First, Jansen explained the term “debt ceiling,” as well as the roles of both the U.S. Treasury and Congress. “[Hitting the debt ceiling] means that the Treasury has issued $31.4 trillion worth of debt and that [it] hit its legal authority. So, Congress has passed these debt limits in order to, basically, give the Treasury room to borrow, but there’s a limit, and when you reach that limit, the Treasury can’t borrow any more unless Congress increases the limit.”
Hitting the debt ceiling, although concerning, is not a new phenomenon, but rather the consequences of overspending. “Congress has been passing budgets that are not balanced and we’ve been borrowing large amounts of money on an on-going basis for decades.
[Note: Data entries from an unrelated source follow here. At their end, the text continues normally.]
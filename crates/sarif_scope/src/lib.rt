//! The gate for one change: which results of a merged log are inside of it, and what the gate and the summary say.
#![tactic(auto)]

mod artifacts;
mod facts;
mod files;
mod gate;
mod gated;
mod hits;
mod laws;
mod summary;
mod told;

pub use artifacts::artifacts_in;
pub use facts::{ChangeFacts, scope_name};
pub use gate::gate_value_of_change;
pub use gated::{GatedChange, read_change};
pub use hits::{hits_inside, verdict_inside};
pub use laws::{
    facts_say_what_is_inside, hits_are_inside_or_outside, no_false_pass,
    nothing_changes_without_a_change,
};
pub use summary::{counts_table, summary_of_change};
pub use told::{gate_value_told, hits_told, outside_told, summary_told, verdict_told};
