//! The gate object of a log whose gate is for one change.
ghost use Rattle.std.specs.Prelude.{◌≡◌, ◌-◌, false, IfOk, OnOk};
ghost use Rattle.serde_json.specs.Data.{put};
ghost use Rattle.serde_json.specs.View.{view, members_view};
ghost use Rattle.serde_json.specs.Written.{has_float};
ghost use Rattle.sarif_counts.specs.Counts.{count_at};
ghost use Rattle.sarif_counts.specs.Hits.{hits_of};
ghost use Rattle.sarif_scope.specs.Gate as said;
ghost use Rattle.sarif_scope.specs.Internal.Narrowed.{narrowed};

use crate::facts::{ChangeFacts, scope_name};
use crate::hits::{hits_inside, verdict_inside};
use sarif_counts::{Counts, Verdict, gate_value};
use sarif_options::Policy;
use serde_json::{Map, Value, json};
use std::alloc::{AllocError, Global};

/// What a gate says about a change, as an object.
fn facts_value(alloc: Global, facts: &ChangeFacts) -> Result<Value, AllocError>
    ensures { IfOk result (λ v. view v ≡ said.diff_data facts.now) }
{
    let files = facts.files;
    let lines = facts.lines;
    let outside = facts.outside;
    let scope = scope_name(facts.scope);
    json!(in alloc; {
        "files": files,
        "lines": lines,
        "outside": outside,
        "scope": scope
    })
}

/// Sets a member.
fn put_member(
    alloc: Global,
    members: &mut Map<String, Value>,
    name: &str,
    value: Value,
) -> Result<(), AllocError>
    ensures { OnOk result (members_view members.new.entries
        ≡ put name.now (view value) (members_view members.old.entries)) }
{
    let key = String::from_str(alloc, name)?;
    let old = members.insert(key, value)?;
    drop(old);
    Ok(())
}

/// A gate object whose hits and verdict are replaced by these, and which has these facts.
fn narrow(
    alloc: Global,
    gate: Value,
    facts: &ChangeFacts,
    found: u32,
    verdict: Verdict,
) -> Result<Value, AllocError>
    ensures { IfOk result (λ v. view v ≡ narrowed facts.now found verdict (view gate)) }
{
    let diff = facts_value(alloc, facts)?;
    let word = Value::try_from_str(alloc, verdict.name())?;
    match gate {
        Value::Object(mut members) => {
            put_member(alloc, &mut members, "diff", diff)?;
            put_member(alloc, &mut members, "hits", Value::from(found))?;
            put_member(alloc, &mut members, "verdict", word)?;
            Ok(Value::Object(members))
        }
        _ => Ok(gate),
    }
}

/// Returns the value of `properties.gate` of a merged log whose gate is for one change: the counts are those of all
/// results, and the hits and the verdict those of the results inside. See [`gate_value`](sarif_counts::gate_value) for
/// the rest. Returns `AllocError` if memory for it runs out.
#[tactic(auto, using(crate::proofs::GateOfChange::gate_is, crate::proofs::GateOfChange::narrowed_whole))]
pub fn gate_value_of_change(
    alloc: Global,
    counts: &Counts,
    policy: &Policy,
    without: u32,
    unused: u32,
    facts: &ChangeFacts,
) -> Result<Value, AllocError>
    ensures value { IfOk result (λ v. view v ≡ said.gate_of_change (count_at counts.now)
        (hits_of (count_at counts.now) policy.now - facts.now.outside)
        facts.now policy.now without unused) }
    ensures whole { IfOk result (λ v. has_float (view v) ≡ false) }
{
    let gate = gate_value(alloc, counts, policy, without, unused)?;
    let found = hits_inside(counts, policy, facts.outside);
    let verdict = verdict_inside(counts, policy, facts.outside);
    let narrow = narrow(alloc, gate, facts, found, verdict)?;
    Ok(narrow)
}
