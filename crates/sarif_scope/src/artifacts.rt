//! The artifacts of a run.
ghost use Rattle.std.specs.Prelude.{◌≡◌, map, option_map, IfOk};
ghost use Rattle.serde_json.specs.View.{view};
ghost use Rattle.sarif_change.specs.Places.{elements_in as elements_of};
ghost use Rattle.sarif_scope.specs.Inside as said;

use sarif_model::members::{member_at, member_within};
use sarif_model::{Place, Sequence, copy_if_there};
use serde_json::Value;
use std::alloc::{AllocError, Global};

/// The elements of the array of that name.
#[tactic(auto, using(sarif_model::proofs::Elements::elements_items_view))]
fn elements_in<'a>(value: &'a Value, name: &str) -> &'a [Value]
    ensures { map view result.now ≡ elements_of name.now (view value.now) }
{
    match member_at(value, name) {
        Some(found) => match found.as_array() {
            Some(items) => items.as_slice(),
            None => &[],
        },
        None => &[],
    }
}

/// The string that a value is.
fn text_of(value: Option<&Value>) -> Option<&str>
    ensures { option_map (λ s. s.now) result
        ≡ said.text_of (option_map (λ v. view v.now) value.entry) }
{
    value?.as_str()
}

/// The place of an artifact.
fn artifact_place(alloc: Global, artifact: &Value) -> Result<Place, AllocError>
    ensures { IfOk result (λ place. place ≡ said.artifact_place (view artifact.now)) }
{
    let uri = text_of(member_within(member_at(artifact, "location"), "uri"));
    Ok(Place {
        uri: copy_if_there(alloc, uri)?,
        base: None,
    })
}

/// Returns the places of a run's artifacts, in order (SARIF 2.1.0, "artifact object"). A `uriBaseId` isn't read.
/// Returns `AllocError` if memory runs out.
pub fn artifacts_in(alloc: Global, run: &Value) -> Result<Sequence<Place>, AllocError>
    ensures { IfOk result (λ places. places ≡ said.artifacts_in (view run.now)) }
{
    let mut places = Sequence::new(alloc);
    let artifacts = elements_in(run, "artifacts");
    for artifact in artifacts {
        places.push(artifact_place(alloc, artifact)?)?;
    }
    Ok(places)
}
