//! That the room of a team bounds what waits for the calling thread.
ghost use Rattle.std.specs.Prelude.{◌≤◌, ℕ, List, length, map};
ghost use Rattle.sarif_inputs.specs.Internal.Indexes.{AreIndexesOf};
ghost use Rattle.sarif_model.specs.Limits.{most_results, most_runs};
ghost use Rattle.sarif_model.specs.Run.{results_total};
ghost use Rattle.sarif_runs.specs.Judging.{run_values};
ghost use Rattle.sarif_runs.specs.Internal.Opened.{placed_of};

use json::Scratch;
use json_parts::{Index, IndexFault};
use sarif_gather::Gate;
use sarif_inputs::{Opening, index_sources, open_sources};
use sarif_judge::{Team, judge};
use sarif_options::Checks;
use sarif_runs::OpenedRun;
use sarif_suppress::Suppressions;
use std::alloc::{AllocError, Global};
use std::hash::RandomState;
use std::sync::Wait;
use std::sync::atomic::{AtomicU64, Ordering};
use std::test::Fail;
use std::thread::Threads;

const WORKERS: u32 = 7;

const ROOM: u32 = 1;

/// A log of one run with 1,000 results.
fn log_of_many(alloc: Global) -> Result<String, AllocError> {
    let mut log = String::from_str(alloc, r#"{"version":"2.1.0","runs":[{"results":["#)?;
    for number in 0..1_000 {
        let comma = if number == 0 { "" } else { "," };
        log.push_str(comma)?;
        log.push_str(r#"{"message":{"text":"m"}}"#)?;
    }
    log.push_str(r#"],"tool":{"driver":{"name":"lint"}}}]}"#)?;
    Ok(log)
}

/// How often a test checks a flag before it treats it as unset.
const TURNS: u32 = 50_000_000;

/// Notes a shard that is made while more than the room's parcels wait. The first call of `taken` returns once it noted one,
/// or after a while.
#[derive(Drop)]
struct Watch {
    made: AtomicU64,
    taken: AtomicU64,
    misses: AtomicU64,
}

impl Watch {
    fn new() -> Watch {
        Watch {
            made: AtomicU64::new(0),
            taken: AtomicU64::new(0),
            misses: AtomicU64::new(0),
        }
    }

    fn waits_for_a_miss(&self) {
        for _ in 0..TURNS {
            if self.misses.load(Ordering::SeqCst) != 0 {
                return;
            }
        }
    }
}

impl Gate for Watch {
    // Each worker has at most one shard that isn't in the mailbox, and the calling thread one that it doesn't count yet.
    fn making(&self, _run: u32, _seq: u32) {
        let made = self.made.fetch_add(1, Ordering::SeqCst).wrapping_add(1);
        let taken = self.taken.load(Ordering::SeqCst);
        if made > taken.wrapping_add((WORKERS + ROOM + 1) as u64) {
            self.misses.store(1, Ordering::SeqCst);
        }
    }

    fn taken(&self, _run: u32, _seq: u32) {
        if self.taken.load(Ordering::SeqCst) == 0 {
            self.waits_for_a_miss();
        }
        self.taken.fetch_add(1, Ordering::SeqCst);
    }
}

/// How many results of these runs the team judges.
fn count_judged<G: Gate + Sync, R: Threads + Wait + Sync>(
    rt: &R,
    alloc: Global,
    seed: RandomState,
    runs: &[OpenedRun<'_, '_>],
    observer: &G,
) -> Result<usize, Fail>
    requires few { length runs.now ≤ most_runs }
    requires few_results { results_total (run_values (map placed_of runs.now)) ≤ most_results }
{
    let file = Suppressions::none(alloc, seed, None)?;
    let team = Team {
        workers: WORKERS,
        room: ROOM,
    };
    match judge(rt, alloc, runs, &file, team, observer) {
        Ok(outcomes) => Ok(outcomes.len()),
        Err(_) => Err(Fail::from("not judged")),
    }
}

/// How many results of the log with this index the team judges.
fn count_indexed<G: Gate + Sync, R: Threads + Wait + Sync>(
    rt: &R,
    alloc: Global,
    seed: RandomState,
    indexes: &[Result<Index<'_>, IndexFault>],
    observer: &G,
) -> Result<usize, Fail>
    requires { (logs : List (List ℕ)) × (baselines : List (List ℕ))
        × AreIndexesOf logs baselines indexes.now 1 }
{
    let checks = Checks::new(alloc);
    let opening = Opening {
        checks: &checks,
        seed,
    };
    match open_sources(rt, alloc, opening, indexes, 1, 1) {
        Ok(runs) => count_judged(rt, alloc, seed, &runs.current, observer),
        Err(_) => Err(Fail::from("not opened")),
    }
}

/// How many results of a log the team judges.
fn count_read<G: Gate + Sync, R: Threads + Wait + Sync>(
    rt: &R,
    alloc: Global,
    seed: RandomState,
    log: &str,
    observer: &G,
) -> Result<usize, Fail> {
    let logs = vec![in alloc; log.as_bytes().to_vec(alloc)?]?;
    let mut scratches = vec![in alloc; Scratch::new(alloc)]?;
    let indexes = index_sources(rt, alloc, &logs, &[], &mut scratches, 1)?;
    count_indexed(rt, alloc, seed, &indexes, observer)
}

/// 1,000 results are 112 shards to seven workers: nine results each, and one in the last.
#[test]
fn room_bounds_what_waits(rt: HostRuntime) -> Result<(), Fail> {
    let log = log_of_many(rt.alloc())?;
    let seed = RandomState::new(&rt)?;
    let observer = Watch::new();
    let judged = count_read(&rt, rt.alloc(), seed, log.as_str(), &observer)?;
    assert_eq!(rt; judged, 1_000);
    assert_eq!(rt; observer.misses.load(Ordering::SeqCst), 0);
    assert_eq!(rt; observer.made.load(Ordering::SeqCst), 112);
    assert_eq!(rt; observer.taken.load(Ordering::SeqCst), 112);
    Ok(())
}
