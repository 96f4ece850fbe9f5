//! Laws of a gate for one change. Each law is the contract of a function that does nothing.
ghost use Rattle.std.specs.Prelude.{◌≡◌, ◌+◌, ◌-◌, ◌⊎◌, [], ℕ, List, Option, Some, None, true, false};
ghost use Rattle.std.specs.List.{Contains};
ghost use Rattle.serde_json.specs.Data.{Data};
ghost use Rattle.sarif_model.specs.Run.{is_absent_result};
ghost use Rattle.sarif_change.specs.Outside.{IsInChange};
ghost use Rattle.sarif_change.specs.Places.{places_of};
ghost use Rattle.sarif_change.specs.declared.spots.Spot.{Spot};
ghost use Rattle.sarif_counts.specs.CountOf.{count_of};
ghost use Rattle.sarif_counts.specs.Gate.{gate_of};
ghost use Rattle.sarif_counts.specs.Hits.{hits_of, verdict_of};
ghost use Rattle.sarif_counts.specs.Summary.{summary_of};
ghost use Rattle.sarif_options.specs.declared.policy.Policy.{Policy};
ghost use Rattle.sarif_scope.specs.Counted.{hits_by, outside_of, verdict_by};
ghost use Rattle.sarif_scope.specs.Gate.{gate_by};
ghost use Rattle.sarif_scope.specs.Inside.{artifacts_in, is_inside};
ghost use Rattle.sarif_scope.specs.Summary.{summary_by};
ghost use Rattle.sarif_scope.specs.Told.{facts_by, gate_told, hits_told, summary_told, verdict_told};
ghost use Rattle.sarif_scope.specs.declared.gated.GatedChange.{GatedChange};

/// Without a change the gate object, the hits, the verdict and the summary are those of all results.
pub fn nothing_changes_without_a_change()
    ensures gate { (runs : List Data) (policy : Policy) (without unused : ℕ)
        → gate_by None runs policy without unused ≡ gate_of (count_of runs) policy without unused }
    ensures hits { (runs : List Data) (policy : Policy)
        → hits_by None policy runs ≡ hits_of (count_of runs) policy }
    ensures verdict { (runs : List Data) (policy : Policy)
        → verdict_by None policy runs ≡ verdict_of (count_of runs) policy }
    ensures summary { (runs : List Data) (policy : Policy)
        → summary_by None runs policy ≡ summary_of (count_of runs) policy }
{}

/// With a change, the hits are those of before that are inside: these and the results outside that would be hits are
/// together the hits without it. So the hits are also those of before without that number.
pub fn hits_are_inside_or_outside()
    ensures together { (change : GatedChange) (runs : List Data) (policy : Policy)
        → hits_of (count_of runs) policy
        ≡ hits_by (Some change) policy runs + outside_of change policy runs }
    ensures without { (change : GatedChange) (runs : List Data) (policy : Policy)
        → hits_by (Some change) policy runs
        ≡ hits_of (count_of runs) policy - outside_of change policy runs }
{}

/// The gate object, the hits, the verdict and the summary follow from the counts of all results and from what the gate
/// says about the change, if there is one.
pub fn facts_say_what_is_inside()
    ensures gate { (change : Option GatedChange) (runs : List Data) (policy : Policy)
        (without unused : ℕ) → gate_by change runs policy without unused
        ≡ gate_told (facts_by change policy runs) (count_of runs) policy without unused }
    ensures hits { (change : Option GatedChange) (runs : List Data) (policy : Policy)
        → hits_by change policy runs
        ≡ hits_told (facts_by change policy runs) (count_of runs) policy }
    ensures verdict { (change : Option GatedChange) (runs : List Data) (policy : Policy)
        → verdict_by change policy runs
        ≡ verdict_told (facts_by change policy runs) (count_of runs) policy }
    ensures summary { (change : Option GatedChange) (runs : List Data) (policy : Policy)
        → summary_by change runs policy
        ≡ summary_told (facts_by change policy runs) (count_of runs) policy }
{}

/// A current result is inside if it has no location, or one without a path, or one whose URI may be a changed file, and
/// that file is changed at the location's lines, is changed whole, or the location has no lines.
pub fn no_false_pass()
    ensures location { (change : GatedChange) (run found : Data) (spot : Spot)
        → is_absent_result found ≡ false
        → Contains (places_of (artifacts_in run) found).locations spot
        → (spot.uri ≡ None) ⊎ IsInChange change.changed change.roots change.scope spot
        → is_inside change run found ≡ true }
    ensures no_location { (change : GatedChange) (run found : Data) → is_absent_result found ≡ false
        → (places_of (artifacts_in run) found).locations ≡ []
        → is_inside change run found ≡ true }
{}
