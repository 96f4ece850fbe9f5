//! The summary of a merge whose gate is for one change.
ghost use Rattle.std.specs.Prelude.{◌≡◌, ◌-◌, ◌++◌, ℕ, List, IfOk, string_bytes};
ghost use Rattle.sarif_counts.specs.Counts.{count_at};
ghost use Rattle.sarif_counts.specs.Hits.{hits_of};
ghost use Rattle.sarif_counts.specs.Summary.{gate_line};
ghost use Rattle.sarif_scope.specs.Summary as said;

use crate::facts::ChangeFacts;
use crate::hits::{hits_inside, verdict_inside};
use sarif_counts::{Counts, Verdict, hits, summary, verdict};
use sarif_options::Policy;
use std::alloc::{AllocError, Global};

/// The line on the gate.
fn gate_row(alloc: Global, verdict: Verdict, hits: u32, max: u32) -> Result<String, AllocError>
    ensures { IfOk result (λ s. string_bytes s ≡ gate_line verdict hits max) }
{
    let word = verdict.name();
    format!(in alloc; "gate: {word}, hits {hits}, max {max}\n")
}

/// The line on the change.
fn diff_row(alloc: Global, facts: &ChangeFacts) -> Result<String, AllocError>
    ensures { IfOk result (λ s. string_bytes s ≡ said.diff_line facts.now) }
{
    let files = facts.files;
    let lines = facts.lines;
    let outside = facts.outside;
    format!(in alloc; "diff: files {files}, lines {lines}, outside {outside}\n")
}

/// The text before this end, or the whole text if it has another one.
fn before_end<'t>(text: &'t str, end: &str) -> &'t str
    ensures { (front : List ℕ) → text.now ≡ front ++ end.now → result.now ≡ front }
{
    match text.strip_suffix(end) {
        Some(front) => front,
        None => text,
    }
}

/// Returns the table of the counts, without the line on the gate: a heading, and a line for each of the states new,
/// unchanged, updated and absent. Returns `AllocError` if memory for it runs out.
pub fn counts_table(alloc: Global, counts: &Counts) -> Result<String, AllocError>
    ensures { IfOk result (λ s. string_bytes s ≡ said.table_of (count_at counts.now)) }
{
    let policy = &Policy::default();
    let whole = summary(alloc, counts, policy)?;
    let verdict = verdict(counts, policy);
    let gate = gate_row(alloc, verdict, hits(counts, policy), policy.max)?;
    let table = String::from_str(alloc, before_end(whole.as_str(), gate.as_str()))?;
    Ok(table)
}

/// Returns a table of the counts in seven lines, each with a newline: those of
/// [`summary`](sarif_counts::summary), and before the last one the change. The verdict and the hits are those of the
/// results inside. Returns `AllocError` if memory for it runs out.
pub fn summary_of_change(
    alloc: Global,
    counts: &Counts,
    policy: &Policy,
    facts: &ChangeFacts,
) -> Result<String, AllocError>
    ensures { IfOk result (λ s. string_bytes s ≡ said.summary_of_change (count_at counts.now)
        (hits_of (count_at counts.now) policy.now - facts.now.outside) facts.now policy.now) }
{
    let mut text = counts_table(alloc, counts)?;
    text.push_str(diff_row(alloc, facts)?.as_str())?;
    let found = hits_inside(counts, policy, facts.outside);
    let verdict = verdict_inside(counts, policy, facts.outside);
    text.push_str(gate_row(alloc, verdict, found, policy.max)?.as_str())?;
    Ok(text)
}
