//! Tests of what no clause of judging can say. They are in a separate crate, so that judging isn't proved a second time
//! for them.
#![tactic(auto)]

#[cfg(test)]
mod room;
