//! The change that a gate is for.
ghost use Rattle.std.specs.Prelude.{◌≡◌, Ok, Err, IfOk};
ghost use Rattle.sarif_model.specs.Internal.Refusal.{IfFault};
ghost use Rattle.sarif_scope.specs.Reading as said;

use crate::files::count_files;
use sarif_change::{Changed, Scope};
use sarif_diff::{Change, DiffFault, read_sections};
use sarif_model::{Refusal, Sequence, Text};
use std::alloc::{AllocError, Global};
use std::hash::BuildHasher;

/// A change, and how a gate compares results with it.
#[derive(Drop)]
pub struct GatedChange {
    /// Its files and their changed lines.
    pub changed: Changed,
    /// How many files it changes.
    pub files: u64,
    /// How many lines its hunks add.
    pub lines: u64,
    /// What of a changed file is treated as changed.
    pub scope: Scope,
    /// What URIs may begin with (`--root`).
    pub roots: Sequence<Text>,
}

/// The change of these sections.
fn gate_change<S: BuildHasher + Copy>(
    alloc: Global,
    hasher: S,
    change: Change,
    scope: Scope,
    roots: Sequence<Text>,
) -> Result<GatedChange, AllocError>
    ensures { IfOk result (λ made. made ≡ said.gated scope roots change) }
{
    let Change { sections, added } = change;
    let files = count_files(alloc, hasher, sections.as_slice())?;
    let changed = Changed::new(alloc, hasher, sections)?;
    Ok(GatedChange {
        changed,
        files,
        lines: added as u64,
        scope,
        roots,
    })
}

/// Reads a diff. The gate compares results with it in this scope. URIs may begin with one of `roots`. Tables of names
/// hash with `hasher`, on which nothing depends. Returns the first error of the diff, or `OutOfMemory`.
pub fn read_change<S: BuildHasher + Copy>(
    alloc: Global,
    hasher: S,
    bytes: &[u8],
    scope: Scope,
    roots: Sequence<Text>,
) -> Result<GatedChange, Refusal<DiffFault>>
    ensures ok { IfOk result (λ made. said.change_of scope roots bytes.now ≡ Ok made) }
    ensures err { IfFault result (λ fault. said.change_of scope roots bytes.now ≡ Err fault) }
{
    let change = read_sections(alloc, bytes)?;
    let gated = gate_change(alloc, hasher, change, scope, roots)?;
    Ok(gated)
}
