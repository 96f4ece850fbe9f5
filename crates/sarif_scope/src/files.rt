//! How many files a diff changes.
ghost use Rattle.std.specs.Prelude.{◌≡◌, ◌+◌, ◌<◌, ◌≤◌, ◌^◌, ◌++◌, ◌∷◌, [], true, false, List, IfOk, OnOk, if◌then◌else◌};
ghost use Rattle.sarif_diff.specs.declared.section.Section.{Section as OneSection};
ghost use Rattle.sarif_scope.specs.Files as said;
ghost use Rattle.sarif_scope.specs.Internal.NamesMet.{AreMet};

use indexmap::IndexMap;
use sarif_diff::Section;
use std::alloc::{AllocError, Global};
use std::hash::BuildHasher;

/// Notes the name of a section. Returns whether it is a new one.
fn note<'a, S: BuildHasher + Copy>(
    names: &mut IndexMap<&'a [u8], bool, S>,
    section: &'a Section,
) -> Result<bool, AllocError>
    ensures met { OnOk result ((before : List OneSection) → AreMet before names.old
        → AreMet (before ++ section.now ∷ []) names.new) }
    ensures new { IfOk result (λ is_new. (before : List OneSection) → AreMet before names.old
        → is_new ≡ (if said.is_named before section.now.name then false else true)) }
{
    let name = section.name.as_slice();
    if names.get(&name).is_some() {
        return Ok(false);
    }
    names.insert(name, true)?;
    Ok(true)
}

/// Returns a number, or one more.
fn one_more_if(number: u64, more: bool) -> u64
    requires { number + 1 < 2 ^ 64 }
    ensures is { result ≡ number + (if more then 1 else 0) }
    ensures most { result ≤ number + 1 }
{
    if more { number + 1 } else { number }
}

/// Returns how many files these sections change: each name once. The table of names hashes with `hasher`, on which
/// nothing depends. Returns `AllocError` if memory runs out.
pub(crate) fn count_files<S: BuildHasher + Copy>(
    alloc: Global,
    hasher: S,
    sections: &[Section],
) -> Result<u64, AllocError>
    ensures { IfOk result (λ count. count ≡ said.files_of sections.now) }
{
    let mut names = IndexMap::with_hasher(alloc, hasher);
    let mut count = 0;
    for section in sections {
        let is_new = note(&mut names, section)?;
        count = one_more_if(count, is_new);
    }
    Ok(count)
}
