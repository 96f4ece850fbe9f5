//! The gate, its verdict and the summary, with a change or without one.
ghost use Rattle.std.specs.Prelude.{◌≡◌, false, IfOk, string_bytes};
ghost use Rattle.serde_json.specs.View.{view};
ghost use Rattle.serde_json.specs.Written.{has_float};
ghost use Rattle.sarif_counts.specs.Counts.{count_at};
ghost use Rattle.sarif_scope.specs.Told as said;

use crate::facts::ChangeFacts;
use crate::gate::gate_value_of_change;
use crate::hits::{hits_inside, verdict_inside};
use crate::summary::summary_of_change;
use sarif_counts::{Counts, Verdict, gate_value, hits, summary, verdict};
use sarif_options::Policy;
use serde_json::Value;
use std::alloc::{AllocError, Global};

/// Returns the value of `properties.gate` of a merged log, with a change or without one. See
/// [`gate_value`](sarif_counts::gate_value). Returns `AllocError` if memory for it runs out.
pub fn gate_value_told(
    alloc: Global,
    counts: &Counts,
    policy: &Policy,
    without: u32,
    unused: u32,
    change: &Option<ChangeFacts>,
) -> Result<Value, AllocError>
    ensures value { IfOk result (λ v. view v
        ≡ said.gate_told change.now (count_at counts.now) policy.now without unused) }
    ensures whole { IfOk result (λ v. has_float (view v) ≡ false) }
{
    match change {
        None => gate_value(alloc, counts, policy, without, unused),
        Some(facts) => gate_value_of_change(alloc, counts, policy, without, unused, facts),
    }
}

/// Returns how many results are hits, with a change or without one.
pub fn hits_told(counts: &Counts, policy: &Policy, change: &Option<ChangeFacts>) -> u32
    ensures { result ≡ said.hits_told change.now (count_at counts.now) policy.now }
{
    match change {
        None => hits(counts, policy),
        Some(facts) => hits_inside(counts, policy, facts.outside),
    }
}

/// Returns how many results would be hits without the change, and aren't inside. Without a change there are none.
pub fn outside_told(change: &Option<ChangeFacts>) -> u32
    ensures { result ≡ said.outside_told change.now }
{
    match change {
        None => 0,
        Some(facts) => facts.outside,
    }
}

/// Returns the verdict of the gate, with a change or without one.
pub fn verdict_told(counts: &Counts, policy: &Policy, change: &Option<ChangeFacts>) -> Verdict
    ensures { result ≡ said.verdict_told change.now (count_at counts.now) policy.now }
{
    match change {
        None => verdict(counts, policy),
        Some(facts) => verdict_inside(counts, policy, facts.outside),
    }
}

/// Returns the summary, with a change or without one. Returns `AllocError` if memory for it runs out.
pub fn summary_told(
    alloc: Global,
    counts: &Counts,
    policy: &Policy,
    change: &Option<ChangeFacts>,
) -> Result<String, AllocError>
    ensures { IfOk result (λ s. string_bytes s
        ≡ said.summary_told change.now (count_at counts.now) policy.now) }
{
    match change {
        None => summary(alloc, counts, policy),
        Some(facts) => summary_of_change(alloc, counts, policy, facts),
    }
}
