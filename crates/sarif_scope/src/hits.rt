//! How many hits are inside of a change.
ghost use Rattle.std.specs.Prelude.{◌≡◌, ◌-◌};
ghost use Rattle.sarif_counts.specs.Counts.{count_at};
ghost use Rattle.sarif_counts.specs.Hits.{hits_of};
ghost use Rattle.sarif_scope.specs.Counted.{verdict_on};

use sarif_counts::{Counts, Verdict, hits};
use sarif_options::Policy;

/// Returns how many hits are inside, if `outside` of all hits are not.
pub fn hits_inside(counts: &Counts, policy: &Policy, outside: u32) -> u32
    ensures { result ≡ hits_of (count_at counts.now) policy.now - outside }
{
    hits(counts, policy).saturating_sub(outside)
}

/// Returns the verdict of a gate, if `outside` of all hits are not: fail if more are inside than the policy allows.
pub fn verdict_inside(counts: &Counts, policy: &Policy, outside: u32) -> Verdict
    ensures { result ≡ verdict_on (hits_of (count_at counts.now) policy.now - outside) policy.now }
{
    if hits_inside(counts, policy, outside) > policy.max {
        Verdict::Fail
    } else {
        Verdict::Pass
    }
}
Currently, our debt-to-GDP ratio is close to 100% and the Congressional Budget Office thinks that it will be 125% in the next decade, in the 2030s, and it will be 150% in the 2040s.” Jansen shared, “So, we’re continually needing to borrow more, because… as debt goes up, we have to have borrowing to cover that and Congress passes these limits and we’ve reached them.”
Using “extraordinary measures,” such as diverting contributions to federal and miliary retirement programs have delayed the issue until July, although action will then have to be taken. “Now, if we actually hit the debt ceiling and we literally ran out of extraordinary measures that we could use to avoid overspending, then Congress would have to make choices – we spend on interest on the debt, we spend on defense, we spend huge amounts on Medicare and Social Security and other entitlement programs and if we can’t borrow, then we have to cut spending somewhere else and Congress would have to decide where that “somewhere else” is,” said Jansen.